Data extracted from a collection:
————

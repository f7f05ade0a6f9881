//! What fills the caller's room with the words of a tree.
ghost use Rattle.std.specs.Prelude.{◌≡◌, ◌<◌, ◌^◌, [], ◌∷◌, length};
ghost use Rattle.rap_lexed.specs.ErrorSteps.{error_steps};
ghost use Rattle.rap_c.specs.Words.{as_word, token_words, word_of};

use crate::answer::{OK, RapAnswer};
use crate::filler::put_bytes;
use crate::step::{ENTER, EXIT, MESSAGE, TOKEN};
use ra_ap_parser::{LexedStr, StrSink, StrStep, SyntaxKind};
use std::convert::Infallible;

/// The number of bytes that a token's word holds where a second word has the token's length.
const LONG: usize = 8191;

/// The caller's room for words and for the bytes of messages, and how many of each there have been. Numbers saturate at
/// 2^64 - 1.
#[derive(Drop)]
pub struct Packer<'a> {
    pub words: &'a mut [u32],
    pub messages: &'a mut [u8],
    pub count: usize,
    pub said: usize,
}

/// The word of a step.
#[inline(always)]
fn word(what: u32, bytes: usize, kind: SyntaxKind) -> u32
    requires what { what < 8 }
    requires bytes { bytes < 8192 }
    ensures { result ≡ word_of what bytes kind }
{
    what + 8 * (bytes as u32) + 65536 * u32::from(u16::from(kind))
}

/// The number in 32 bits. It saturates.
#[inline(always)]
fn narrow(number: usize) -> u32
    ensures { result ≡ as_word number }
{
    number.min(0xFFFF_FFFF) as u32
}

impl<'a> Packer<'a> {
    ghost use Rattle.rap_c.specs.Packs.{IsPackStart, Packs, PacksAll, PutsWord};

    /// Nothing is written yet.
    pub fn new(words: &'a mut [u32], messages: &'a mut [u8]) -> Packer<'a>
        ensures start { IsPackStart words.old messages.old result }
        ensures words { result.words.ghost_name ≡ words.entry.ghost_name }
        ensures messages { result.messages.ghost_name ≡ messages.entry.ghost_name }
    {
        // For the proof: both fit their type.
        let _word_room = words.len();
        let _message_room = messages.len();
        Packer {
            words,
            messages,
            count: 0,
            said: 0,
        }
    }

    /// Writes a word where there is room for it.
    #[inline(always)]
    fn put(&mut self, word: u32)
        ensures { PutsWord word self.old self.new }
    {
        // For the proof: both fit their type.
        let _said = self.said;
        let _message_room = self.messages.len();
        let count = self.count;
        if count < self.words.len() {
            self.words[count] = word;
            self.count = count + 1;
        } else {
            self.count = count.saturating_add(1);
        }
    }

    /// Adds a token of so many bytes.
    #[inline(always)]
    fn put_token(&mut self, kind: SyntaxKind, bytes: usize)
        ensures { Packs (token_words kind bytes) [] self.old self.new }
    {
        if bytes < LONG {
            self.put(word(TOKEN, bytes, kind));
        } else {
            self.put(word(TOKEN, LONG, kind));
            self.put(narrow(bytes));
        }
    }

    /// Adds a message that stands at a byte of the text.
    fn put_message(&mut self, text: &str, at: usize)
        ensures { Packs (word_of 3 0 0 ∷ as_word at ∷ as_word (length text.now) ∷ []) text.now self.old self.new }
    {
        let start = self.said;
        self.put(MESSAGE);
        self.put(narrow(at));
        self.put(narrow(text.len()));
        put_bytes(self.messages, start, text.as_bytes());
        self.said = start.saturating_add(text.len());
    }

    /// Adds the lexer's messages, each at the start of its token.
    pub fn add_errors_of(&mut self, lexed: &LexedStr<'_>)
        ensures { PacksAll (error_steps lexed.now.tokens lexed.now.errors) self.old self.new }
    {
        match lexed.report_errors(self) {
            Ok(()) => (),
            Err(never) => match never {},
        }
    }

    /// What there has been, and how many of the words are the tree's.
    pub fn answer(&self, tree: usize) -> RapAnswer
        ensures { result ≡ record { status = 0; steps = self.now.count; message_bytes = self.now.said; used = tree } }
    {
        RapAnswer {
            status: OK,
            steps: self.count,
            message_bytes: self.said,
            used: tree,
        }
    }
}

impl StrSink for Packer<'_> {
    ghost use Rattle.rap_c.specs.Packs.{PacksStep};

    // No step is refused.
    type Refusal = Infallible;

    ghost takes = { PacksStep };

    ghost refuses = { λ _ _ _ _. ⊥ };

    #[inline(always)]
    fn step(&mut self, step: StrStep<'_>) -> Result<(), Infallible> {
        match step {
            StrStep::Enter { kind } => self.put(word(ENTER, 0, kind)),
            StrStep::Exit => self.put(EXIT),
            StrStep::Token { kind, text } => self.put_token(kind, text.len()),
            StrStep::Error { msg, pos } => self.put_message(msg, pos),
        }
        Ok(())
    }
}
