//! The values of literals.
ghost use Rattle.std.specs.Prelude.{◌≡◌, ℕ, List, IfOk, MatchOption};
ghost use Rattle.rap_lexer.specs.declared.escape.Mode.TheVariants.{Byte, Char};
ghost use Rattle.rap_c.specs.Literal.{IsFloatAnswer, IsIntegerAnswer, IsIntegerGiven, IsNumberAnswer, IsSingleAnswer, IsStringAnswer, IsSuffixStart, StandsFor, no_float, no_number};

use crate::filler::put_bytes;
use crate::reading::text_of;
use rap_literals::{
    Integer, byte_string_value, byte_value, c_string_value, char_value, float_parts, integer_parts,
    quoted_suffix, string_value,
};
use std::alloc::{AllocError, Global};

/// There is a value.
const OK: u32 = 0;

/// The bytes are no UTF-8.
const NOT_UTF8: u32 = 4;

/// Out of memory.
const NO_MEMORY: u32 = 7;

/// The text is no literal of the kind, or the lexer reports something about it.
const NO_LITERAL: u32 = 13;

/// The literal is a number without a value: a digit is none of its radix, or it is 2^128 or more.
const NO_NUMBER: u32 = 14;

/// The numbers of the kinds of literals.
const INT_NUMBER: u32 = 141;

const FLOAT_NUMBER: u32 = 142;

const CHAR: u32 = 143;

const BYTE: u32 = 144;

const STRING: u32 = 145;

const BYTE_STRING: u32 = 146;

const C_STRING: u32 = 147;

/// How many numbers a half of 128 bits has.
const HALF: u128 = 18_446_744_073_709_551_616;

/// What is returned of a string: a status, and how many bytes it stands for.
#[repr(C)]
#[derive(Clone, Copy, Debug, PartialEq, Eq)]
pub struct RapString {
    pub status: u32,
    pub bytes: usize,
}

/// What is returned of any other literal: a status; the radix of an integer; the value of an integer, a character or a byte,
/// in two halves; the value of a float; and the byte of the text at which the suffix begins.
#[repr(C)]
#[derive(Clone, Copy, Debug)]
pub struct RapNumber {
    pub status: u32,
    pub radix: u32,
    pub low: u64,
    pub high: u64,
    pub real: f64,
    pub suffix: usize,
}

/// The bytes that a string of this kind stands for.
fn bytes_of(alloc: Global, kind: u32, text: &str) -> Result<Option<Vec<u8>>, AllocError>
    ensures { IfOk result (λ value. MatchOption value ((bytes : List ℕ) → ¬ StandsFor kind text.now bytes) (λ v. StandsFor kind text.now v.items)) }
{
    if kind == STRING {
        match string_value(alloc, text)? {
            None => Ok(None),
            Some(value) => Ok(Some(value.into_bytes())),
        }
    } else if kind == BYTE_STRING {
        byte_string_value(alloc, text)
    } else if kind == C_STRING {
        c_string_value(alloc, text)
    } else {
        Ok(None)
    }
}

/// Fills the slice with the bytes that a string stands for, as far as it reaches. `kind` is that of a string, a byte string
/// or a C string.
#[unsafe(no_mangle)]
pub extern "C" fn rap_string_value(
    alloc: Global,
    text: &[u8],
    kind: u32,
    value: &mut [u8],
) -> RapString
    ensures { IsStringAnswer kind text.now value.old value.new result }
{
    let Ok(text) = text_of(text) else {
        return RapString {
            status: NOT_UTF8,
            bytes: 0,
        };
    };
    match bytes_of(alloc, kind, text) {
        Err(_) => RapString {
            status: NO_MEMORY,
            bytes: 0,
        },
        Ok(None) => RapString {
            status: NO_LITERAL,
            bytes: 0,
        },
        Ok(Some(bytes)) => {
            let given = bytes.as_slice();
            put_bytes(value, 0, given);
            RapString {
                status: OK,
                bytes: given.len(),
            }
        }
    }
}

/// What is returned of what has no value.
fn no_number(status: u32) -> RapNumber
    ensures { result ≡ no_number status }
{
    RapNumber {
        status,
        radix: 0,
        low: 0,
        high: 0,
        real: 0.0,
        suffix: 0,
    }
}

/// What is returned of an integer.
fn integer_of(text: &str, parts: Integer<'_>) -> RapNumber
    ensures { IsIntegerGiven text.now parts.entry.radix parts.entry.digits.now parts.entry.suffix.now result }
{
    let radix = parts.radix.number();
    let suffix = text.len().saturating_sub(parts.suffix.len());
    match parts.value() {
        None => RapNumber {
            status: NO_NUMBER,
            radix,
            low: 0,
            high: 0,
            real: 0.0,
            suffix,
        },
        Some(value) => RapNumber {
            status: OK,
            radix,
            low: (value % HALF) as u64,
            high: (value / HALF) as u64,
            real: 0.0,
            suffix,
        },
    }
}

/// The value of an integer.
fn integer(text: &str) -> RapNumber
    ensures { IsIntegerAnswer text.now result }
{
    match integer_parts(text) {
        None => no_number(NO_LITERAL),
        Some(parts) => integer_of(text, parts),
    }
}

/// The value of a float.
fn float(alloc: Global, text: &str) -> RapNumber
    ensures { IsFloatAnswer text.now result }
{
    match float_parts(text) {
        None => no_number(NO_LITERAL),
        Some(parts) => {
            let suffix = text.len().saturating_sub(parts.suffix.len());
            match parts.value(alloc) {
                Err(_) => no_number(NO_MEMORY),
                Ok(None) => no_number(NO_NUMBER),
                Ok(Some(real)) => RapNumber {
                    status: OK,
                    radix: 10,
                    low: 0,
                    high: 0,
                    real,
                    suffix,
                },
            }
        }
    }
}

/// The byte at which the suffix of a literal in quotes begins; of what is none, where it ends.
fn suffix_of(text: &str) -> usize
    ensures { IsSuffixStart text.now result }
{
    match quoted_suffix(text) {
        None => text.len(),
        Some(suffix) => text.len().saturating_sub(suffix.len()),
    }
}

/// What is returned of a character or a byte.
fn single_of(text: &str, value: u64) -> RapNumber
    ensures suffix { IsSuffixStart text.now result.suffix }
    ensures value { result ≡ record { status = 0; radix = 0; low = value; high = 0; real = no_float; suffix = result.suffix } }
{
    RapNumber {
        status: OK,
        radix: 0,
        low: value,
        high: 0,
        real: 0.0,
        suffix: suffix_of(text),
    }
}

/// The value of a character.
fn character(text: &str) -> RapNumber
    ensures { IsSingleAnswer Char text.now result }
{
    match char_value(text) {
        None => no_number(NO_LITERAL),
        Some(value) => single_of(text, u64::from(value as u32)),
    }
}

/// The value of a byte.
fn byte(text: &str) -> RapNumber
    ensures { IsSingleAnswer Byte text.now result }
{
    match byte_value(text) {
        None => no_number(NO_LITERAL),
        Some(value) => single_of(text, u64::from(value)),
    }
}

/// Returns the value of an integer, a float, a character or a byte, by the kind.
#[unsafe(no_mangle)]
pub extern "C" fn rap_number_value(alloc: Global, text: &[u8], kind: u32) -> RapNumber
    ensures { IsNumberAnswer kind text.now result }
{
    let Ok(text) = text_of(text) else {
        return no_number(NOT_UTF8);
    };
    if kind == INT_NUMBER {
        integer(text)
    } else if kind == FLOAT_NUMBER {
        float(alloc, text)
    } else if kind == CHAR {
        character(text)
    } else if kind == BYTE {
        byte(text)
    } else {
        no_number(NO_LITERAL)
    }
}
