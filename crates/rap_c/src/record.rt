//! A record of a parser's input, in numbers.
ghost use Rattle.std.specs.Prelude.{◌≡◌, ◌≢◌, ◌<◌, ◌+◌, ◌⊎◌, List, [], ◌∷◌, ◌++◌, length, map, drop, true, false, IfErr, IfOk, MatchOption, OnOk};
ghost use Rattle.rap_base.specs.Edition.{year};
ghost use Rattle.rap_base.specs.TokenTests.{is_token};
ghost use Rattle.rap_events.specs.Record.{Record, IsTokenRecord};
ghost use Rattle.rap_c.specs.Filling.{overwritten};
ghost use Rattle.rap_c.specs.Record.{IsInputOf, IsNoInput, row_of};
ghost use Rattle.rap_c.specs.Token.{record_in};

use crate::answer::Fault;
use crate::filler::kind_number;
use crate::numbers::edition_of;
use ra_ap_parser::{Edition, Input, NoMemory, SyntaxKind};
use std::alloc::Global;

/// A token of a parser's input: the number of its kind, that of the kind that an identifier may be read as instead, the
/// year of its edition, and 1 where it touches the next token, and else 0.
#[repr(C)]
#[derive(Clone, Copy, Debug, PartialEq, Eq)]
pub struct RapRecord {
    pub kind: u32,
    pub contextual_kind: u32,
    pub edition: u32,
    pub joint: u32,
}

/// The number of the last token's kind.
const LAST_TOKEN: u32 = 156;

/// What a record's numbers stand for.
#[derive(Clone, Copy)]
struct Token {
    kind: SyntaxKind,
    contextual_kind: SyntaxKind,
    edition: Edition,
    joint: bool,
}

/// The token's kind with the number, if it is one.
fn token_kind(number: u32) -> Option<SyntaxKind>
    ensures { MatchOption result (is_token number ≡ false) (λ kind. (kind ≡ number) × (is_token kind ≡ true)) }
{
    if number <= LAST_TOKEN {
        Some(SyntaxKind::from_u16(number as u16))
    } else {
        None
    }
}

/// What the record's numbers stand for, if it is a token's.
fn token_of(row: &RapRecord) -> Option<Token>
    ensures { MatchOption result ((r : Record) → IsTokenRecord r → row.now ≢ row_of r) (λ token. (row.now ≡ row_of (record_in token)) × IsTokenRecord (record_in token)) }
{
    if row.kind == 0 || row.joint > 1 {
        return None;
    }
    let kind = token_kind(row.kind)?;
    let contextual_kind = token_kind(row.contextual_kind)?;
    if contextual_kind != SyntaxKind::EOF && kind != SyntaxKind::IDENT {
        return None;
    }
    let Ok(edition) = edition_of(row.edition) else {
        return None;
    };
    Some(Token {
        kind,
        contextual_kind,
        edition,
        joint: row.joint == 1,
    })
}

/// Appends the token.
fn push_token(input: &mut Input, token: Token) -> Result<(), NoMemory>
    requires { IsTokenRecord (record_in token) }
    ensures { OnOk result (input.new ≡ input.old ++ record_in token ∷ []) }
{
    if token.kind != SyntaxKind::IDENT {
        return input.push_joint(token.kind, token.edition, token.joint);
    }
    input.push_ident(token.contextual_kind, token.edition)?;
    if token.joint {
        input.was_joint();
    }
    Ok(())
}

/// The input of these records.
pub fn input_of(alloc: Global, rows: &[RapRecord]) -> Result<Input, Fault>
    ensures input { IfOk result (IsInputOf rows.now) }
    ensures fault { IfErr result (λ fault. ((fault ≡ Fault.NoRecord) × IsNoInput rows.now) ⊎ (fault ≡ Fault.NoMemory)) }
{
    let Ok(mut input) = Input::with_capacity(alloc, rows.len()) else {
        return Err(Fault::NoMemory);
    };
    'rows: for row in rows {
        let Some(token) = token_of(row) else {
            return Err(Fault::NoRecord);
        };
        let Ok(()) = push_token(&mut input, token) else {
            return Err(Fault::NoMemory);
        };
    }
    Ok(input)
}

/// The year of the edition.
fn year_of(edition: Edition) -> u32
    ensures { result ≡ year edition }
{
    match edition {
        Edition::Edition2015 => 2015,
        Edition::Edition2018 => 2018,
        Edition::Edition2021 => 2021,
        Edition::Edition2024 => 2024,
    }
}

/// The record of the input at a place, in numbers.
fn row_at(input: &Input, i: usize) -> RapRecord
    requires { i < length input.now }
    ensures { map row_of (drop i input.now) ≡ result ∷ map row_of (drop (i + 1) input.now) }
{
    RapRecord {
        kind: kind_number(input.kind(i)),
        contextual_kind: kind_number(input.contextual_kind(i)),
        edition: year_of(input.edition(i)),
        joint: u32::from(input.is_joint(i)),
    }
}

/// Writes the records of the input, as far as there is room.
pub fn put_records(rows: &mut [RapRecord], input: &Input)
    ensures { rows.new ≡ overwritten rows.old (map row_of input.now) }
{
    let count = input.len().min(rows.len());
    'rows: for i in 0..count {
        rows[i] = row_at(input, i);
    }
}
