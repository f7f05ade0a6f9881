//! The version of the interface.
ghost use Rattle.std.specs.Prelude.{◌≡◌};
ghost use Rattle.rap_c.specs.Version.{version};

/// The version of the interface, as `include/rap.h` declares it: a million for the first number, a thousand for the
/// second, and the third.
#[unsafe(no_mangle)]
pub extern "C" fn rap_version() -> u32
    ensures { result ≡ version 1 2 0 }
{
    1_002_000
}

————

Exercise objective
Would you print, exactly as written, every line above from the one holding "if bytes < LONG" through the one holding "let start = self.said;", with both included and no other lines?

Result of the exercise
        if bytes < LONG {
            self.put(word(TOKEN, bytes, kind));
        } else {
            self.put(word(TOKEN, LONG, kind));
            self.put(narrow(bytes));
        }
    }

    /// Adds a message that stands at a byte of the text.
    fn put_message(&mut self, text: &str, at: usize)
        ensures { Packs (word_of 3 0 0 ∷ as_word at ∷ as_word (length text.now) ∷ []) text.now self.old self.new }
    {
        let start = self.said;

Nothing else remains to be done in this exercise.